> [AIM OF THE EXERCISE]: Take from the data every line in which the word "Prelude" is found.

> [SUPPLIED DATA]:
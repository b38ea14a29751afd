//! The slots that a node executed, and the checkpoints that other members told it.
ghost use Rattle.std.specs.Prelude.{◌≡◌, [], ◌==◌, ◌<◌, ◌^◌, length, position, OnOk, IfOk, IfSome};
ghost use Rattle.cs_base.specs.declared.version.Version.TheVariants.{One};
ghost use Rattle.cs_tx_types.specs.Log.{LeafFits, leaf_encoding, ProofFits};
ghost use Rattle.cs_tx_types.specs.declared.limits.TheConstants.{COVERED};
ghost use Rattle.cs_table.specs.Seen.{seen};
ghost use Rattle.cs_check.specs.Leaves.{HasLeaves, HasLeavesBut};
ghost use Rattle.cs_check_rules.specs.Chain.{empty_log, with_slot, made_last, kept_of, AtItsLog};
ghost use Rattle.cs_check.specs.Root.{keys_in};
ghost use Rattle.cs_check_rules.specs.Root.{root_under};
ghost use Rattle.cs_check_rules.specs.Proofs.{proof_of};
ghost use Rattle.cs_check_rules.specs.Heads.{is_news};
ghost use Rattle.cs_check.specs.Archives.{with_news};

use crate::archive_fitting::digests_fit;
use crate::{Chain, ProveError, root_is_shown};
use cs_base::{Memory, Whole};
use cs_check_rules::{Checkpoint, Leaf, Proof, encode_leaf};
use cs_table::Table;
use cs_tx_types::checkpoint_fits;
use std::alloc::Global;
use std::marker::Model;

/// The chain of a node's checkpoints, and the last checkpoint of each other member that told one,
/// under its index. A shard has 16 members at most, so these are looked up one after the other.
/// Where memory ran out in the midst of a slot, no slot is taken or proved again.
#[derive(Drop)]
pub struct Archive {
    chain: Chain,
    heads: Vec<(u16, Checkpoint)>,
    whole: Whole,
}

impl Model for Archive {
    ghost use Rattle.std.specs.Prelude.{◌≡◌, true};
    ghost use Rattle.cs_check.specs.Archives.{Archived, IsOfLog};

    ghost Value = { Archived };

    ghost view = { λ a. record { kept = a.chain.kept; hashed = a.chain.hashed; heads = a.heads.items } };

    ghost invariant = { λ a. a.whole ≡ true → IsOfLog a.chain.kept };
}

impl Archive {
    /// Nothing was executed on the table of the shard, and nothing told.
    pub fn new(alloc: Global, shard: u16, table: &Table) -> Result<Archive, Memory>
        ensures archive { IfOk result (λ archive. archive
            ≡ record { kept = kept_of (empty_log shard); hashed = archive.hashed; heads = [] }) }
        ensures leaves { IfOk result (λ archive. HasLeaves archive.hashed (seen table.now)) }
    {
        let chain = Chain::new(alloc, shard, table)?;
        Ok(Archive {
            chain,
            heads: Vec::new(alloc),
            whole: Whole::new(),
        })
    }

    /// How many slots were executed.
    pub fn slots(&self) -> u64
        ensures { result ≡ self.now.kept.slots }
    {
        self.chain.slots()
    }

    /// The chain of its slots.
    pub fn chain(&self) -> &Chain
        ensures { result.now.kept ≡ self.now.kept }
    {
        &self.chain
    }

    /// Takes the leaf of the next slot, whose execution left this table, and tells the checkpoint
    /// that it made, if it made one.
    pub fn push(
        &mut self,
        alloc: Global,
        leaf: &Leaf,
        table: &Table,
    ) -> Result<Option<Checkpoint>, Memory>
        requires fits { LeafFits One leaf.now }
        requires next { leaf.now.slot ≡ self.old.kept.slots }
        requires known { HasLeavesBut table.now.touched self.old.hashed (seen table.now) }
        ensures log { let root = root_under (keys_in table.now.rows) (seen table.now) in
            AtItsLog self.old.kept (λ log. OnOk result
            (self.new.kept ≡ kept_of (with_slot (leaf_encoding One leaf.now) root log))) }
        ensures heads { OnOk result (self.new.heads ≡ self.old.heads) }
        ensures made { let root = root_under (keys_in table.now.rows) (seen table.now) in
            AtItsLog self.old.kept (λ log. IfOk result (λ made.
            made ≡ made_last (with_slot (leaf_encoding One leaf.now) root log))) }
        ensures covers { IfOk result (λ made. IfSome made (λ checkpoint. checkpoint.leaves ≡ COVERED)) }
        ensures leaves { OnOk result (HasLeaves self.new.hashed (seen table.now)) }
    {
        self.whole.check()?;
        root_is_shown(table);
        let bytes = encode_leaf(alloc, leaf)?;
        self.whole.begin()?;
        let made = self.chain.push(alloc, bytes, table)?;
        self.whole.end();
        Ok(made)
    }

    /// The proof of a slot that isn't cut, where a checkpoint covers it.
    pub fn prove(&self, alloc: Global, slot: u64) -> Result<Option<Proof>, Memory>
        ensures proof { AtItsLog self.now.kept
            (λ log. IfOk result (λ found. found ≡ proof_of log slot)) }
        ensures fits { slot < 2 ^ 62 → IfOk result (λ found. IfSome found (ProofFits One)) }
    {
        self.whole.check()?;
        match self.chain.prove(alloc, slot) {
            Ok(proof) => {
                checkpoint_fits(&proof.checkpoint);
                digests_fit(proof.path.as_slice());
                Ok(Some(proof))
            }
            Err(ProveError::NotYet | ProveError::Cut) => Ok(None),
            Err(ProveError::Memory) => Err(Memory),
        }
    }

    // Where the checkpoint of a member stands.
    fn place_of(&self, index: u16) -> Option<usize>
        ensures { result ≡ position (λ told. told.0 == index) self.now.heads }
    {
        self.heads.iter().position(|told| told.0 == index)
    }

    /// Keeps a checkpoint that a member told, where its number is above that of the last one, and
    /// answers whether it is.
    pub fn keep(&mut self, index: u16, checkpoint: Checkpoint) -> Result<bool, Memory>
        ensures news { IfOk result (λ news. news ≡ is_news index checkpoint self.old.heads) }
        ensures kept { IfOk result
            (λ news. self.new ≡ with_news news index checkpoint self.old) }
        ensures leaves { self.new.hashed ≡ self.old.hashed }
    {
        match self.place_of(index) {
            Some(place) => {
                let last = &mut self.heads[place];
                if checkpoint.number <= last.1.number {
                    return Ok(false);
                }
                last.1 = checkpoint;
                Ok(true)
            }
            None => {
                self.heads.push((index, checkpoint))?;
                Ok(true)
            }
        }
    }
}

> [ANSWER AREA]:
ghost use Rattle.std.specs.Prelude.{◌≡◌, [], ◌==◌, ◌<◌, ◌^◌, length, position, OnOk, IfOk, IfSome};
    ghost use Rattle.std.specs.Prelude.{◌≡◌, true};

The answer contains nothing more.